Несмотря на все восторги, начинать карьеру гонщика я не торопился. Вместо этого занимался легкой атлетикой. От дома до Виа Камурри было примерно 200 метров. Вдоль этой дороги шла зловонная канава со стоячей водой и росли тополя. Мы с братом рулеткой отмерили 100 метров. А в начале и в конце этой дистанции воткнули два деревянных кола. Каждый вечер мы упорно тренировались. Цель была одна – побить олимпийский рекорд Реджинальда Уокера в 10,8 секунды. Иногда посоревноваться с нами приходили друзья. Если мы стартовали одновременно, определить победителя ничего не стоило. Когда же бежали по одному, то спорили до бесконечности, потому что вместо секундомера у нас был будильник с секундной стрелкой.

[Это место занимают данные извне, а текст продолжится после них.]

//! Opening and closing a session, and the calls that need no engine.
ghost use Rattle.std.specs.Prelude.{◌≡◌};
ghost use Rattle.sessions.specs.Calls.{remains};
ghost use Rattle.sessions.specs.Reading.{Opened, Remained, Skipped};

use crate::session::{COUNTERS, Session};
use routes::Refusal;

impl Session {
    /// Opens a session under a prefix, at a number or else at 0. Refused: 7 with the prefix's length where it is not 12; then 8 with the opening
    /// number where it is above 2^32.
    pub fn open(prefix: &[u8], at: Option<u64>) -> Result<Session, Refusal>
        ensures { Opened prefix.now at result }
    {
        let Ok(bytes) = <[u8; 12]>::try_from(prefix) else {
            return Err(Refusal::PrefixLength(prefix.len() as u64));
        };
        let next = at.unwrap_or(0);
        if next > COUNTERS {
            return Err(Refusal::OpeningNumber(next));
        }
        Ok(Session {
            prefix: bytes,
            next,
        })
    }

    /// How many counter numbers remain.
    pub fn remaining(&self) -> u64
        ensures promised { Remained self.now result }
        ensures counted { result ≡ remains self.now.next }
    {
        COUNTERS - self.next
    }

    /// Leaves out n numbers, and gives how many remain after that. Refused, with the session as it was: 5 with what remains, where that is less.
    pub fn skip(&mut self, n: u64) -> Result<u64, Refusal>
        ensures { Skipped self.old n result self.new }
    {
        let left = self.remaining();
        if n > left {
            return Err(Refusal::Remaining(left));
        }
        self.next += n;
        Ok(left - n)
    }

    /// Takes the session apart, and gives its next number: where the next session under this prefix has to open.
    pub fn close(self) -> u64
        ensures { result ≡ self.next }
    {
        let Session { prefix: _, next } = self;
        next
    }
}
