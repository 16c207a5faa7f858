//! Covering a run in place.
ghost use Rattle.std.specs.Prelude.{◌≡◌, replicate};
ghost use Rattle.sessions.specs.Covering.{Admitted};
ghost use Rattle.sessions.specs.Histories.{Promised};
ghost use Rattle.sessions.specs.Reading.{held_by, covering};

use crate::pad::Pad;
use crate::session::Session;
use crate::stream::cover_run;
use crate::used::Used;
use cipher::Engine;
use routes::{Refusal, Route};

impl Session {
    /// How many blocks it takes to cover a run of so many bytes with an engine, or the refusal that comes first.
    fn admit<R: Route>(&self, engine: &Engine<R>, size: usize) -> Result<u64, Refusal>
        ensures { Admitted (held_by R.Route.tally engine.now self.now) size result }
    {
        let Some((rounds, inversions)) = engine.headroom() else {
            return Err(Refusal::NoKey);
        };
        if size > 65536 {
            return Err(Refusal::RunLength(size as u64));
        }
        let blocks = (size as u64).div_ceil(16);
        let left = self.remaining();
        if blocks > left {
            return Err(Refusal::Remaining(left));
        }
        if rounds * blocks > inversions {
            return Err(Refusal::Inversions(inversions));
        }
        Ok(blocks)
    }

    /// Covers or uncovers a run in place: adds to each sixteen bytes of it, and to what is left, the encryption of the next counter block. Gives the
    /// first number used and how many. Refused, with run, session and engine as they were: 2 where no key is set; 4 with the run's length where it
    /// is above 65,536; 5 with the numbers that remain where they are too few; 6 with the inversions that are left where they are. The pad is where
    /// counter blocks are encrypted; it is sixteen bytes 00 afterwards, also where the call was refused.
    pub fn cover<R: Route>(
        &mut self,
        engine: &mut Engine<R>,
        run: &mut [u8],
        pad: &mut [u8; 16],
    ) -> Result<Used, Refusal>
        ensures promised { Promised (held_by R.Route.tally engine.old self.old) (covering run.old result run.new) (held_by R.Route.tally engine.new self.new) }
        ensures wiped { pad.new ≡ replicate 16 0 }
    {
        let guard = Pad { bytes: pad };
        let blocks = self.admit(engine, run.len())?;
        let first = self.next;
        cover_run(engine, &self.prefix, first, run, guard.bytes);
        self.next += blocks;
        Ok(Used {
            first,
            count: blocks,
        })
    }
}
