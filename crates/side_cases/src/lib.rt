//! Tables of tests of what plugins stand on: the lines that they write, and what they hear in a line.
#![tactic(auto)]

#[cfg(test)]
mod asks;
#[cfg(test)]
mod hears;
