//! Lines of plugins: what is written, and that the core reads it as the same.

ghost use Rattle.plugin_side.specs.Asking.{IsAsk};

use plain_text::{List, NoMemory, Text};
use plugin_side::{ask_line, is_line};
use plugin_wire::ask_of;
use std::alloc::Global;
use xi_plain::{Act, Command, Delta, El, Fault, Id, Style, WireSpan, WireSpans};

// Each method with every member.
const EDIT: &str =
    "{\"id\":1,\"method\":\"edit\",\"params\":{\"after_cursor\":true,\"author\":\"a\",\"delta\":{\"base_len\":9,\"els\":[{\"insert\":\"\\\"\\u0001\"},{\"copy\":[3,3]},{\"insert\":\"\"},{\"copy\":[3,9]},{\"insert\":\"aé\u{2028}😀\"}]},\"priority\":4294967295,\"rev\":5,\"undo_group\":4,\"view_id\":\"v\"}}\n";

const UPDATE_SPANS: &str =
    "{\"id\":\"\",\"method\":\"update_spans\",\"params\":{\"len\":5,\"rev\":2,\"spans\":[{\"end\":5,\"start\":5,\"style\":{\"bg_color\":4294967295,\"fg_color\":0,\"italic\":true,\"underline\":false,\"weight\":1000}},{\"end\":4,\"start\":1,\"style\":{}}],\"start\":7,\"view_id\":\"v\"}}\n";

const GET_DATA: &str =
    "{\"id\":5,\"method\":\"get_data\",\"params\":{\"max_size\":8,\"rev\":0,\"start\":3,\"view_id\":\"view-id-1\"}}\n";

const LINE_COUNT: &str =
    "{\"id\":-9223372036854775808,\"method\":\"line_count\",\"params\":{\"view_id\":\"v\"}}\n";

const ALERT: &str =
    "{\"id\":18446744073709551615,\"method\":\"alert\",\"params\":{\"msg\":\"m\"}}\n";

const ACK: &str = "{\"method\":\"ack\",\"params\":{\"rev\":1,\"view_id\":\"view-id-1\"}}\n";

// Nothing in each list, no group and no id.
const EMPTY_EDIT: &str =
    "{\"method\":\"edit\",\"params\":{\"after_cursor\":false,\"author\":\"\",\"delta\":{\"base_len\":0,\"els\":[]},\"priority\":0,\"rev\":0,\"view_id\":\"\"}}\n";

const GROUP_OF_ZERO: &str =
    "{\"method\":\"edit\",\"params\":{\"after_cursor\":false,\"author\":\"\",\"delta\":{\"base_len\":0,\"els\":[]},\"priority\":0,\"rev\":0,\"undo_group\":0,\"view_id\":\"\"}}\n";

const GET_DATA_ALONE: &str =
    "{\"method\":\"get_data\",\"params\":{\"max_size\":0,\"rev\":0,\"start\":0,\"view_id\":\"\"}}\n";

const LINE_COUNT_ALONE: &str = "{\"method\":\"line_count\",\"params\":{\"view_id\":\"\"}}\n";

const ALERT_ALONE: &str = "{\"method\":\"alert\",\"params\":{\"msg\":\"\"}}\n";

const NO_SPANS: &str =
    "{\"method\":\"update_spans\",\"params\":{\"len\":0,\"rev\":0,\"spans\":[],\"start\":0,\"view_id\":\"v\"}}\n";

// An id that JSON has no room for.
const NULL_ID: &str = "{\"id\":null,\"method\":\"alert\",\"params\":{\"msg\":\"\"}}\n";

fn text(alloc: Global, characters: &str) -> Result<Text, NoMemory> {
    Text::from_str(alloc, characters)
}

/// Whether the command's line is this one, and the core reads it as this command.
fn writes(alloc: Global, id: Id, act: Act, line: &str) -> Result<bool, NoMemory>
    requires { IsAsk act }
{
    let command = Command { id, act };
    let made = ask_line(alloc, &command)?;
    let read = ask_of(alloc, made.as_str().as_bytes())?;
    Ok(made.as_str() == line && read == command)
}

fn push_insert(alloc: Global, els: &mut List<El>, characters: &str) -> Result<(), NoMemory> {
    let text = text(alloc, characters)?;
    els.push(El::Insert { text })
}

/// The delta of [`EDIT`], with these texts before, between and after its copies.
fn delta(alloc: Global, texts: [&str; 3]) -> Result<Delta, NoMemory> {
    let [first, second, third] = texts;
    let mut els = List::new(alloc);
    push_insert(alloc, &mut els, first)?;
    els.push(El::Copy { a: 3, b: 3 })?;
    push_insert(alloc, &mut els, second)?;
    els.push(El::Copy { a: 3, b: 9 })?;
    push_insert(alloc, &mut els, third)?;
    Ok(Delta { els, base_len: 9 })
}

fn writes_edit(alloc: Global) -> Result<bool, NoMemory> {
    let act = Act::PluginEdit {
        view: text(alloc, "v")?,
        rev: 5,
        delta: delta(alloc, ["\"\u{1}", "", "aé\u{2028}😀"])?,
        priority: 4294967295,
        after_cursor: true,
        author: text(alloc, "a")?,
        named: Some(4),
    };
    writes(alloc, Id::Num(1), act, EDIT)
}

const NARROW: WireSpan = WireSpan {
    start: 5,
    end: 5,
    style: Style {
        fg_color: Some(0),
        bg_color: Some(4294967295),
        weight: Some(1000),
        italic: Some(true),
        underline: Some(false),
    },
};

const PLAIN: WireSpan = WireSpan {
    start: 1,
    end: 4,
    style: Style {
        fg_color: None,
        bg_color: None,
        weight: None,
        italic: None,
        underline: None,
    },
};

fn writes_spans(alloc: Global) -> Result<bool, NoMemory> {
    let mut spans = List::new(alloc);
    spans.push(NARROW)?;
    spans.push(PLAIN)?;
    let act = Act::UpdateSpans {
        view: text(alloc, "v")?,
        rev: 2,
        start: 7,
        len: 5,
        spans,
    };
    writes(alloc, Id::Word(Text::new(alloc)), act, UPDATE_SPANS)
}

fn writes_data(alloc: Global) -> Result<bool, NoMemory> {
    let view = text(alloc, "view-id-1")?;
    let act = Act::GetData {
        view,
        rev: 0,
        start: 3,
        max: 8,
    };
    writes(alloc, Id::Num(5), act, GET_DATA)
}

fn writes_count(alloc: Global) -> Result<bool, NoMemory> {
    let view = text(alloc, "v")?;
    let id = Id::Num(-9223372036854775808);
    writes(alloc, id, Act::LineCount { view }, LINE_COUNT)
}

fn writes_alert(alloc: Global) -> Result<bool, NoMemory> {
    let msg = text(alloc, "m")?;
    let id = Id::Num(18446744073709551615);
    writes(alloc, id, Act::Alert { msg }, ALERT)
}

fn writes_ack(alloc: Global) -> Result<bool, NoMemory> {
    let view = text(alloc, "view-id-1")?;
    writes(alloc, Id::NoId, Act::Ack { view, rev: 1 }, ACK)
}

#[test]
fn each_method_is_written_with_every_member(rt: HostRuntime) {
    let alloc = rt.alloc();
    assert!(rt; matches!(writes_edit(alloc), Ok(true)));
    assert!(rt; matches!(writes_spans(alloc), Ok(true)));
    assert!(rt; matches!(writes_data(alloc), Ok(true)));
    assert!(rt; matches!(writes_count(alloc), Ok(true)));
    assert!(rt; matches!(writes_alert(alloc), Ok(true)));
    assert!(rt; matches!(writes_ack(alloc), Ok(true)));
}

fn writes_empty_edit(alloc: Global, named: Option<u64>, line: &str) -> Result<bool, NoMemory> {
    let act = Act::PluginEdit {
        view: Text::new(alloc),
        rev: 0,
        delta: Delta {
            els: List::new(alloc),
            base_len: 0,
        },
        priority: 0,
        after_cursor: false,
        author: Text::new(alloc),
        named,
    };
    writes(alloc, Id::NoId, act, line)
}

fn writes_no_spans(alloc: Global) -> Result<bool, NoMemory> {
    let spans: WireSpans = List::new(alloc);
    let act = Act::UpdateSpans {
        view: text(alloc, "v")?,
        rev: 0,
        start: 0,
        len: 0,
        spans,
    };
    writes(alloc, Id::NoId, act, NO_SPANS)
}

fn writes_data_alone(alloc: Global) -> Result<bool, NoMemory> {
    let act = Act::GetData {
        view: Text::new(alloc),
        rev: 0,
        start: 0,
        max: 0,
    };
    writes(alloc, Id::NoId, act, GET_DATA_ALONE)
}

fn writes_count_alone(alloc: Global) -> Result<bool, NoMemory> {
    let view = Text::new(alloc);
    writes(alloc, Id::NoId, Act::LineCount { view }, LINE_COUNT_ALONE)
}

fn writes_alert_alone(alloc: Global) -> Result<bool, NoMemory> {
    let msg = Text::new(alloc);
    writes(alloc, Id::NoId, Act::Alert { msg }, ALERT_ALONE)
}

#[test]
fn what_may_be_left_out_is(rt: HostRuntime) {
    let alloc = rt.alloc();
    assert!(rt; matches!(writes_empty_edit(alloc, None, EMPTY_EDIT), Ok(true)));
    assert!(rt; matches!(writes_empty_edit(alloc, Some(0), GROUP_OF_ZERO), Ok(true)));
    assert!(rt; matches!(writes_no_spans(alloc), Ok(true)));
    assert!(rt; matches!(writes_data_alone(alloc), Ok(true)));
    assert!(rt; matches!(writes_count_alone(alloc), Ok(true)));
    assert!(rt; matches!(writes_alert_alone(alloc), Ok(true)));
}

/// Whether the alert with this id is written with an id of null, which the core refuses.
fn has_null_id(alloc: Global, id: i128) -> Result<bool, NoMemory> {
    let command = Command {
        id: Id::Num(id),
        act: Act::Alert {
            msg: Text::new(alloc),
        },
    };
    let line = ask_line(alloc, &command)?;
    let read = ask_of(alloc, line.as_str().as_bytes())?;
    Ok(line.as_str() == NULL_ID && read.act == Act::Bad(Fault::Invalid))
}

#[test]
fn an_id_without_room_is_null(rt: HostRuntime) {
    let alloc = rt.alloc();
    assert!(rt; matches!(has_null_id(alloc, -9223372036854775809), Ok(true)));
    assert!(rt; matches!(has_null_id(alloc, 18446744073709551616), Ok(true)));
}

fn is_one(alloc: Global, line: &str) -> Result<bool, NoMemory> {
    Ok(is_line(&text(alloc, line)?))
}

#[test]
fn a_line_has_no_line_feed(rt: HostRuntime) {
    let alloc = rt.alloc();
    assert!(rt; matches!(is_one(alloc, ""), Ok(true)));
    assert!(rt; matches!(is_one(alloc, "é\r"), Ok(true)));
    assert!(rt; matches!(is_one(alloc, "\n"), Ok(false)));
    assert!(rt; matches!(is_one(alloc, "a\nb"), Ok(false)));
    assert!(rt; matches!(is_one(alloc, ACK), Ok(false)));
}
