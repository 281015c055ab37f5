//! What plugins hear: in the lines of notices and answers that the core writes, and in other lines.

use json_rpc::{write_error, write_reply};
use plain_text::{List, NoMemory, Text};
use plugin_side::{Answered, Heard, Told, hear};
use plugin_wire::{buffer_line, close_line, notice_line, start_line, stop_line};
use serde_json::Value;
use std::alloc::Global;
use xi_plain::{Delta, El, Id, Notice};

fn text(alloc: Global, characters: &str) -> Result<Text, NoMemory> {
    Text::from_str(alloc, characters)
}

/// Whether this is heard in the line, with its LF and without it.
fn hears(alloc: Global, line: &str, wanted: &Heard) -> Result<bool, NoMemory> {
    let mut line = text(alloc, line)?;
    let alone = hear(alloc, &line)?;
    line.push('\n')?;
    let ended = hear(alloc, &line)?;
    Ok(alone == *wanted && ended == *wanted)
}

/// Whether this is heard in a line that was written.
fn hears_written(
    alloc: Global,
    line: Result<Text, NoMemory>,
    wanted: Heard,
) -> Result<bool, NoMemory> {
    Ok(hear(alloc, &line?)? == wanted)
}

fn notice(alloc: Global, author: u32) -> Result<Notice, NoMemory> {
    let mut els = List::new(alloc);
    els.push(El::Insert {
        text: text(alloc, "é\u{2028}😀\"")?,
    })?;
    els.push(El::Copy { a: 1, b: 7 })?;
    els.push(El::Insert {
        text: Text::new(alloc),
    })?;
    Ok(Notice {
        view: text(alloc, "v")?,
        author,
        rev: 3,
        new_len: 16,
        delta: Delta { els, base_len: 7 },
    })
}

fn hears_start(alloc: Global) -> Result<bool, NoMemory> {
    let wanted = Heard::Told(Told::Started { caller: 1 });
    hears_written(alloc, start_line(alloc, 1), wanted)
}

fn hears_opening(alloc: Global) -> Result<bool, NoMemory> {
    let view = text(alloc, "v")?;
    let line = buffer_line(alloc, &view, 0);
    hears_written(alloc, line, Heard::Told(Told::Opened { view, len: 0 }))
}

fn hears_change(alloc: Global, author: u32) -> Result<bool, NoMemory> {
    let notice = notice(alloc, author)?;
    let line = notice_line(alloc, &notice);
    hears_written(alloc, line, Heard::Told(Told::Changed(notice)))
}

fn hears_closing(alloc: Global) -> Result<bool, NoMemory> {
    let view = text(alloc, "v")?;
    let line = close_line(alloc, &view);
    hears_written(alloc, line, Heard::Told(Told::Closed { view }))
}

fn hears_stop(alloc: Global) -> Result<bool, NoMemory> {
    hears_written(alloc, stop_line(alloc), Heard::Told(Told::Stopped))
}

#[test]
fn each_notice_is_heard(rt: HostRuntime) {
    let alloc = rt.alloc();
    assert!(rt; matches!(hears_start(alloc), Ok(true)));
    assert!(rt; matches!(hears_opening(alloc), Ok(true)));
    assert!(rt; matches!(hears_change(alloc, 0), Ok(true)));
    assert!(rt; matches!(hears_change(alloc, 4294967295), Ok(true)));
    assert!(rt; matches!(hears_closing(alloc), Ok(true)));
    assert!(rt; matches!(hears_stop(alloc), Ok(true)));
}

// What is heard in a line, as it stands in a row.
#[derive(Clone, Copy)]
enum Row {
    // The answer to the ask 5.
    Chunk(&'static str, u64),
    Edited(u64, u64),
    Lines(u64),
    Null,
    Other,
    // An error with the message `m`, to this ask or to none.
    Failed(Option<i128>, i64),
    // A view `v` of so many bytes.
    Opened(u64),
    Nothing,
}

use Row::{Chunk, Edited, Failed, Lines, Nothing, Null, Opened, Other};

fn five(answer: Answered) -> Heard {
    Heard::Answer {
        id: Id::Num(5),
        answer,
    }
}

fn failed(alloc: Global, id: Option<i128>, code: i64) -> Result<Heard, NoMemory> {
    let message = text(alloc, "m")?;
    let id = match id {
        Some(id) => Id::Num(id),
        None => Id::NoId,
    };
    Ok(Heard::Answer {
        id,
        answer: Answered::Failed { code, message },
    })
}

fn heard(alloc: Global, row: Row) -> Result<Heard, NoMemory> {
    match row {
        Chunk(characters, offset) => {
            let text = text(alloc, characters)?;
            Ok(five(Answered::Chunk { text, offset }))
        }
        Edited(rev, group) => Ok(five(Answered::Edited { rev, group })),
        Lines(lines) => Ok(five(Answered::Lines(lines))),
        Null => Ok(five(Answered::Null)),
        Other => Ok(five(Answered::Other)),
        Failed(id, code) => failed(alloc, id, code),
        Opened(len) => {
            let view = text(alloc, "v")?;
            Ok(Heard::Told(Told::Opened { view, len }))
        }
        Nothing => Ok(Heard::Nothing),
    }
}

fn is_heard(alloc: Global, line: &str, row: Row) -> Result<bool, NoMemory> {
    let wanted = heard(alloc, row)?;
    hears(alloc, line, &wanted)
}

/// Whether in each line what stands beside it is heard.
fn are_heard(alloc: Global, rows: &[(&str, Row)]) -> bool {
    for (line, row) in rows {
        if !matches!(is_heard(alloc, line, *row), Ok(true)) {
            return false;
        }
    }
    true
}

const RESULTS: &[(&str, Row)] = &[
    (
        r#"{"id":5,"result":{"chunk":"é","offset":3}}"#,
        Chunk("é", 3),
    ),
    (
        r#"{"result":{"rev":1,"offset":0,"undo_group":2,"chunk":""},"id":5,"more":[]}"#,
        Chunk("", 0),
    ),
    (
        r#"{"id":5,"result":{"undo_group":2,"rev":18446744073709551615}}"#,
        Edited(18446744073709551615, 2),
    ),
    (r#"{"id":5,"result":0}"#, Lines(0)),
    (r#"{"id":5,"result":null}"#, Null),
];

const OTHER_RESULTS: &[(&str, Row)] = &[
    (r#"{"id":5,"result":{"chunk":1,"offset":0}}"#, Other),
    (r#"{"id":5,"result":{"chunk":"a"}}"#, Other),
    (r#"{"id":5,"result":{"rev":1}}"#, Other),
    (
        r#"{"id":5,"result":{"rev":18446744073709551616,"undo_group":1}}"#,
        Other,
    ),
    (r#"{"id":5,"result":-1}"#, Other),
    (r#"{"id":5,"result":{}}"#, Other),
    (r#"{"id":5,"result":[]}"#, Other),
    (r#"{"id":5,"result":"a"}"#, Other),
    (r#"{"id":5,"result":true}"#, Other),
];

const ERRORS: &[(&str, Row)] = &[
    (
        r#"{"error":{"code":-32700,"message":"m"},"id":null}"#,
        Failed(None, -32700),
    ),
    (
        r#"{"error":{"code":9223372036854775807,"message":"m"},"id":5}"#,
        Failed(Some(5), 9223372036854775807),
    ),
    (
        r#"{"error":{"code":4,"message":"m"},"id":-9223372036854775808,"result":null}"#,
        Failed(Some(-9223372036854775808), 4),
    ),
    (
        r#"{"error":{"code":9223372036854775808,"message":"m"},"id":5}"#,
        Nothing,
    ),
    (r#"{"error":null,"id":5,"result":1}"#, Nothing),
];

const OTHER_LINES: &[(&str, Row)] = &[
    ("", Nothing),
    ("[]", Nothing),
    ("{nope", Nothing),
    (r#"{"result":null}"#, Nothing),
    (r#"{"id":1.5,"result":null}"#, Nothing),
    (r#"{"id":18446744073709551616,"result":null}"#, Nothing),
    (r#"{"id":5}"#, Nothing),
    (r#"{"id":5,"method":"shutdown","params":{}}"#, Nothing),
    (r#"{"id":null,"method":"shutdown","params":{}}"#, Nothing),
    (
        r#"{"method":"ack","params":{"rev":1,"view_id":"v"}}"#,
        Nothing,
    ),
];

const RANGES: &[(&str, Row)] = &[
    (
        r#"{"params":{"view_id":"v","more":1,"rev":0,"len":18446744073709551615},"method":"new_buffer"}"#,
        Opened(18446744073709551615),
    ),
    (
        r#"{"method":"new_buffer","params":{"len":1,"rev":1,"view_id":"v"}}"#,
        Nothing,
    ),
    (
        r#"{"method":"new_buffer","params":{"rev":0,"view_id":"v"}}"#,
        Nothing,
    ),
    (
        r#"{"method":"initialize","params":{"plugin_id":4294967296}}"#,
        Nothing,
    ),
    (
        r#"{"method":"update","params":{"author":4294967296,"delta":{"base_len":0,"els":[]},"new_len":0,"rev":1,"view_id":"v"}}"#,
        Nothing,
    ),
    (
        r#"{"method":"update","params":{"author":1,"delta":{"base_len":0,"els":[{"copy":[0]}]},"new_len":0,"rev":1,"view_id":"v"}}"#,
        Nothing,
    ),
    (r#"{"method":"did_close","params":{"view_id":1}}"#, Nothing),
];

#[test]
fn each_result_is_heard(rt: HostRuntime) {
    assert!(rt; are_heard(rt.alloc(), RESULTS));
}

#[test]
fn another_result_is_heard_as_such(rt: HostRuntime) {
    assert!(rt; are_heard(rt.alloc(), OTHER_RESULTS));
}

#[test]
fn an_error_is_heard(rt: HostRuntime) {
    assert!(rt; are_heard(rt.alloc(), ERRORS));
}

#[test]
fn nothing_is_heard_in_other_lines(rt: HostRuntime) {
    assert!(rt; are_heard(rt.alloc(), OTHER_LINES));
}

#[test]
fn a_notice_has_its_members_in_range(rt: HostRuntime) {
    assert!(rt; are_heard(rt.alloc(), RANGES));
}

fn hears_reply(alloc: Global) -> Result<bool, NoMemory> {
    let id = Id::Word(text(alloc, "é")?);
    let line = write_reply(alloc, &id, Value::from(7u64));
    let answer = Answered::Lines(7);
    hears_written(alloc, line, Heard::Answer { id, answer })
}

fn hears_error(alloc: Global) -> Result<bool, NoMemory> {
    let code = -9223372036854775808;
    let line = write_error(alloc, &Id::NoId, code, &text(alloc, "m")?);
    hears_written(alloc, line, failed(alloc, None, code)?)
}

#[test]
fn written_answers_are_heard(rt: HostRuntime) {
    let alloc = rt.alloc();
    assert!(rt; matches!(hears_reply(alloc), Ok(true)));
    assert!(rt; matches!(hears_error(alloc), Ok(true)));
}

В спринте равных не было моему брату, а на длинных дистанциях – Карло, сыну парикмахера. Никто не мог его обогнать, когда мы неслись по дорожкам, огибающим кооператив и винодельню братьев Кьярли, чье ламбруско известно еще с 1860-х.
Старшим из братьев Кьярли был синьор Ансельмо – друг моего отца и мой крестный. На самом деле мое полное имя – Энцо Ансельмо. Ансельмо считался тонким ценителем вин и любил шутливо напоминать отцу, интересующемуся составом ламбруско, что «хорошее вино можно сделать “даже” из винограда».
Не снискав славы в легкой атлетике, я сделал упор на стрельбу. Патронами Флобера[7] я легко расстреливал глиняные курительные трубки. Выклянчив у отца винтовку, мы с братом стали охотиться на огромных крыс, снующих по берегам канавы рядом с домом. Мы даже разработали систему правил: количество выстрелов каждого зависело от оценки, полученной в школе. Это придумал Тони, но отец преподнес идею как свою. По этой логике у меня, конечно, почти не было шансов пострелять, но Тони жульничал в мою пользу.
Еще я ходил тренироваться в огромный спортзал в районе Панаро, битком набитый всякими спортивными снарядами: перекладинами, брусьями, шестами и коврами. С большой площадкой для катания на роликах. Как всегда, лучшим был Альфредо. Даже в фехтовании, которому два раза в неделю обучал нас близкий друг отца, профессор Маршиани. Я-то ходил в этот зал, только чтобы кататься на роликах. Спертый воздух, пыль, тусклый свет – вот таким он мне запомнился.
Спортивный пыл несколько остудила необходимость готовиться к первому причастию, хотя рвения изучать катехизис[8] я никогда не испытывал. Помню, как выходил из себя наш старый священник дон Моранди, учивший нас закону Божьему в приходской церкви Санта-Катерина. Помню исповедь в субботу перед своим первым причастием. Я получил суровую епитимью[9], потому что не постеснялся рассказать обо всех грехах, которые, мне кажется, совершал каждый день. Это была моя первая настоящая исповедь. И, по-моему, последняя.